__Work order__.
The lines to reproduce run from the first one below to the line containing "P>>>, Vec<P>), AllocError>", both included. Reproduce them exactly and nothing else.

[[ Material provided open ]]

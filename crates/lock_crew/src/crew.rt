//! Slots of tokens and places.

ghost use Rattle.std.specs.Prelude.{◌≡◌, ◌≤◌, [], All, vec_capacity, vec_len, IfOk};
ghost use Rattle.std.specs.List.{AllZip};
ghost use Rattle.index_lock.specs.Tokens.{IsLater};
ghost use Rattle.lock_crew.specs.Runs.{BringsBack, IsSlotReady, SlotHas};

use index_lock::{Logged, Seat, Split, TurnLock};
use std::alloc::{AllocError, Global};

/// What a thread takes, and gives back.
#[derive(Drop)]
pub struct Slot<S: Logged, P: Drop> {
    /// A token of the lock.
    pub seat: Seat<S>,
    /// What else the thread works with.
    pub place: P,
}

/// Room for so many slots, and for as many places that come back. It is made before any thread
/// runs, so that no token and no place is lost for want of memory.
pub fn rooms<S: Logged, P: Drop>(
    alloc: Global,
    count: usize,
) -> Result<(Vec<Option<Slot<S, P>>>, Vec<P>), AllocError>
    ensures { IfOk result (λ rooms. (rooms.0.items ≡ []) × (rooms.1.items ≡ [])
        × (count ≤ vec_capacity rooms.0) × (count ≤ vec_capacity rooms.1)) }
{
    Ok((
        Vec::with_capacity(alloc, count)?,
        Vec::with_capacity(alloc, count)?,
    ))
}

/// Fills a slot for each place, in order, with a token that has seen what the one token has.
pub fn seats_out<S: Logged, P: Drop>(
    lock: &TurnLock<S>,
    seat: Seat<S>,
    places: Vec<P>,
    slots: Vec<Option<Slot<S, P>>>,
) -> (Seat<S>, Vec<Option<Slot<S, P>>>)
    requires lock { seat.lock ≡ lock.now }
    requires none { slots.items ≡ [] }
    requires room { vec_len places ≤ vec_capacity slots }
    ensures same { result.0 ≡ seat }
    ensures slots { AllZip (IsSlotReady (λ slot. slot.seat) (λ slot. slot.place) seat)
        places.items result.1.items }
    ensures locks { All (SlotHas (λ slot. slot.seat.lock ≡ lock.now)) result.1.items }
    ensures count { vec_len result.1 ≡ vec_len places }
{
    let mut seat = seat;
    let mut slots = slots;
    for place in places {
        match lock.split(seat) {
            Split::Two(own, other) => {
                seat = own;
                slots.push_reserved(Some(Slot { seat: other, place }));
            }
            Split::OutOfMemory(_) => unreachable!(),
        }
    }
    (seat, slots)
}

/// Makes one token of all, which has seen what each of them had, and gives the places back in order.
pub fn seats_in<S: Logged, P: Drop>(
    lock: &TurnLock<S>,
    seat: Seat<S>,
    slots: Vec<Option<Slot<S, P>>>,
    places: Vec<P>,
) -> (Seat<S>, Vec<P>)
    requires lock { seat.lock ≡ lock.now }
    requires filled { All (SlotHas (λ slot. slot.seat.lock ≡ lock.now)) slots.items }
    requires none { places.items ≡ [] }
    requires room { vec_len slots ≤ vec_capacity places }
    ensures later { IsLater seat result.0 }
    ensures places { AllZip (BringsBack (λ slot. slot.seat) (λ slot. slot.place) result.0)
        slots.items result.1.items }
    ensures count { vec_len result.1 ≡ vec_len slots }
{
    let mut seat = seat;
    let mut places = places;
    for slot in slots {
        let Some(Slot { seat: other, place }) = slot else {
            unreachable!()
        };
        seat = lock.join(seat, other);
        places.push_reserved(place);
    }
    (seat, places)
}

[[ Material provided closed ]]

__Exercise answer__.
filename crates/lock_crew/src/crew.rt
//! Slots of tokens and places.

ghost use Rattle.std.specs.Prelude.{◌≡◌, ◌≤◌, [], All, vec_capacity, vec_len, IfOk};
ghost use Rattle.std.specs.List.{AllZip};
ghost use Rattle.index_lock.specs.Tokens.{IsLater};
ghost use Rattle.lock_crew.specs.Runs.{BringsBack, IsSlotReady, SlotHas};

use index_lock::{Logged, Seat, Split, TurnLock};
use std::alloc::{AllocError, Global};

/// What a thread takes, and gives back.
#[derive(Drop)]
pub struct Slot<S: Logged, P: Drop> {
    /// A token of the lock.
    pub seat: Seat<S>,
    /// What else the thread works with.
    pub place: P,
}

/// Room for so many slots, and for as many places that come back. It is made before any thread
/// runs, so that no token and no place is lost for want of memory.
pub fn rooms<S: Logged, P: Drop>(
    alloc: Global,
    count: usize,
) -> Result<(Vec<Option<Slot<S, P>>>, Vec<P>), AllocError>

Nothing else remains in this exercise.